Examine the records below and count how many lines contain the string "with". Give only the number.

# # # #

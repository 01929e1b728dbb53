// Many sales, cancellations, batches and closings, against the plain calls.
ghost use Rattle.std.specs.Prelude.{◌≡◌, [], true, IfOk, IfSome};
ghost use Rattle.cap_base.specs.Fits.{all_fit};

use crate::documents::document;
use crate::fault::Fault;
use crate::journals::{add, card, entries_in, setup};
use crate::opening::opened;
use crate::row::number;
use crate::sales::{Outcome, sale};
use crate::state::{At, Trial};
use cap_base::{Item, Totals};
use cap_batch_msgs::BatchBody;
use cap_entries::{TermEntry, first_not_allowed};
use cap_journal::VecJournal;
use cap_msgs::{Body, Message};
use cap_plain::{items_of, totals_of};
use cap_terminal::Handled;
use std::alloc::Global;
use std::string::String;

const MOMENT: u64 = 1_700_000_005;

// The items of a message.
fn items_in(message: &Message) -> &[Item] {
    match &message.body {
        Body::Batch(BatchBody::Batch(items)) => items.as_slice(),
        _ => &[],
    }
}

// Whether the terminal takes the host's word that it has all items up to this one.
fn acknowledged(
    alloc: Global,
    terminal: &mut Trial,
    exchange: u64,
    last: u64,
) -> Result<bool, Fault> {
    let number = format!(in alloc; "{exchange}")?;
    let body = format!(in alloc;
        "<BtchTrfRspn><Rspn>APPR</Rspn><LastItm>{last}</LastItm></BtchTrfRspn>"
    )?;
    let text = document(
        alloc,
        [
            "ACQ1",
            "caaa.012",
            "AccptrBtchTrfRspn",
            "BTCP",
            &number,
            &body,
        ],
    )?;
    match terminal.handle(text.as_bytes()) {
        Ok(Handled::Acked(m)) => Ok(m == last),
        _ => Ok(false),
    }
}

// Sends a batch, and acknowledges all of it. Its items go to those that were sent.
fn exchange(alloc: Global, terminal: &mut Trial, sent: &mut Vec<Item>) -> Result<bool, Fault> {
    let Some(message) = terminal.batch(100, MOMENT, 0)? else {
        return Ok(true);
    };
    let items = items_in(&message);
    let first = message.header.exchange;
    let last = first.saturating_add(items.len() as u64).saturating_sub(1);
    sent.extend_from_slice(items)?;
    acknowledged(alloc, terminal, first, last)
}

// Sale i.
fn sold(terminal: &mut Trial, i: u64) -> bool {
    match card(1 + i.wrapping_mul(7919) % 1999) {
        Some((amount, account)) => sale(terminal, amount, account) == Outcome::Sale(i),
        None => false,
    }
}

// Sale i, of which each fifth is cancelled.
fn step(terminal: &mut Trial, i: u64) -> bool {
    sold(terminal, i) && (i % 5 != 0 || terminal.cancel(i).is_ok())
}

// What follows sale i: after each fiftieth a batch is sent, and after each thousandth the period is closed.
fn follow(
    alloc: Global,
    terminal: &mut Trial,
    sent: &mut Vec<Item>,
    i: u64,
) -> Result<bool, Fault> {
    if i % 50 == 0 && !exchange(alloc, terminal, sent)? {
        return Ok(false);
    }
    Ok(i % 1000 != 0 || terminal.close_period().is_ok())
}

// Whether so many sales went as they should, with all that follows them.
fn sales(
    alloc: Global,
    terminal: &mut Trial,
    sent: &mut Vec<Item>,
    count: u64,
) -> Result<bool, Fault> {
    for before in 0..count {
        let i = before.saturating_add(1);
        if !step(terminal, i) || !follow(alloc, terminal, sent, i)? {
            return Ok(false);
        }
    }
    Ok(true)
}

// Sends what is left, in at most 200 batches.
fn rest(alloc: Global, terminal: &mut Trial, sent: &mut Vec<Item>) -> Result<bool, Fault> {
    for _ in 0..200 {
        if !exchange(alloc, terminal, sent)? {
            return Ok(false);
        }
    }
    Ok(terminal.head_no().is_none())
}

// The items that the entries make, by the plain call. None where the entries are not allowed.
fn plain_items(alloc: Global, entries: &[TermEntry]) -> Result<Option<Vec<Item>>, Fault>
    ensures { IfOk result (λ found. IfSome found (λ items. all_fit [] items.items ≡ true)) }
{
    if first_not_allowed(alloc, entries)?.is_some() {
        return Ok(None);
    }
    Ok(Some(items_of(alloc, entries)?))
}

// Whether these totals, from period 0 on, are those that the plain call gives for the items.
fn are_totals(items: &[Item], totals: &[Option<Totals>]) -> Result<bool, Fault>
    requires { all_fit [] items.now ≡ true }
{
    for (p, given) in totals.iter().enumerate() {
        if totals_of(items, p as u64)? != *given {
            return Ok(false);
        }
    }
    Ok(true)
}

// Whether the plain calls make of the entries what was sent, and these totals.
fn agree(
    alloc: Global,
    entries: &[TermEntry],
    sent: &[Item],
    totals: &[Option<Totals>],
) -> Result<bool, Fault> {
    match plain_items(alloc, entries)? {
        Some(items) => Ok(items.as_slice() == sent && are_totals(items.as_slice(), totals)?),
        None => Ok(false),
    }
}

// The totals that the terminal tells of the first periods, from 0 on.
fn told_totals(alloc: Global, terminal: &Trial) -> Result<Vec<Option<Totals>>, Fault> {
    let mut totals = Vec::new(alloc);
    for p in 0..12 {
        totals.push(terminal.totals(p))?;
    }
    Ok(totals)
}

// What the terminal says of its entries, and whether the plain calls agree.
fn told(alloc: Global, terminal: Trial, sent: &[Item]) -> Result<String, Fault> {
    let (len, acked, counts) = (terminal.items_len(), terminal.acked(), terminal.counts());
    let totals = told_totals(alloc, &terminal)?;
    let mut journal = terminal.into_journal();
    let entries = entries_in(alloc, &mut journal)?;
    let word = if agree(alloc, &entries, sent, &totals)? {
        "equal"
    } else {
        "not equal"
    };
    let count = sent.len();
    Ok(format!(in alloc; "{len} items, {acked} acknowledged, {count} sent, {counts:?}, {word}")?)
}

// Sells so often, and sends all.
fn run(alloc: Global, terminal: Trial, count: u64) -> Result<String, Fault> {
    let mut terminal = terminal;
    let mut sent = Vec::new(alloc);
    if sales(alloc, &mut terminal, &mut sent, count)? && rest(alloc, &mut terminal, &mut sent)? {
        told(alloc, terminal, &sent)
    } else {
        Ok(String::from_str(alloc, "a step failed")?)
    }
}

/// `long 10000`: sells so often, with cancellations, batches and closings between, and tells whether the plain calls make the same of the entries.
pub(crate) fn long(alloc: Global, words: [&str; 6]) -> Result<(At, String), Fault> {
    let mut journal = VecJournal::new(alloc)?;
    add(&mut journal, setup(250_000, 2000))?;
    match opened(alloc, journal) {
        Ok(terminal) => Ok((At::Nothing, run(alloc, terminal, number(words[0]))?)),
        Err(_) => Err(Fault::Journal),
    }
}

# # # #

Written answer:
2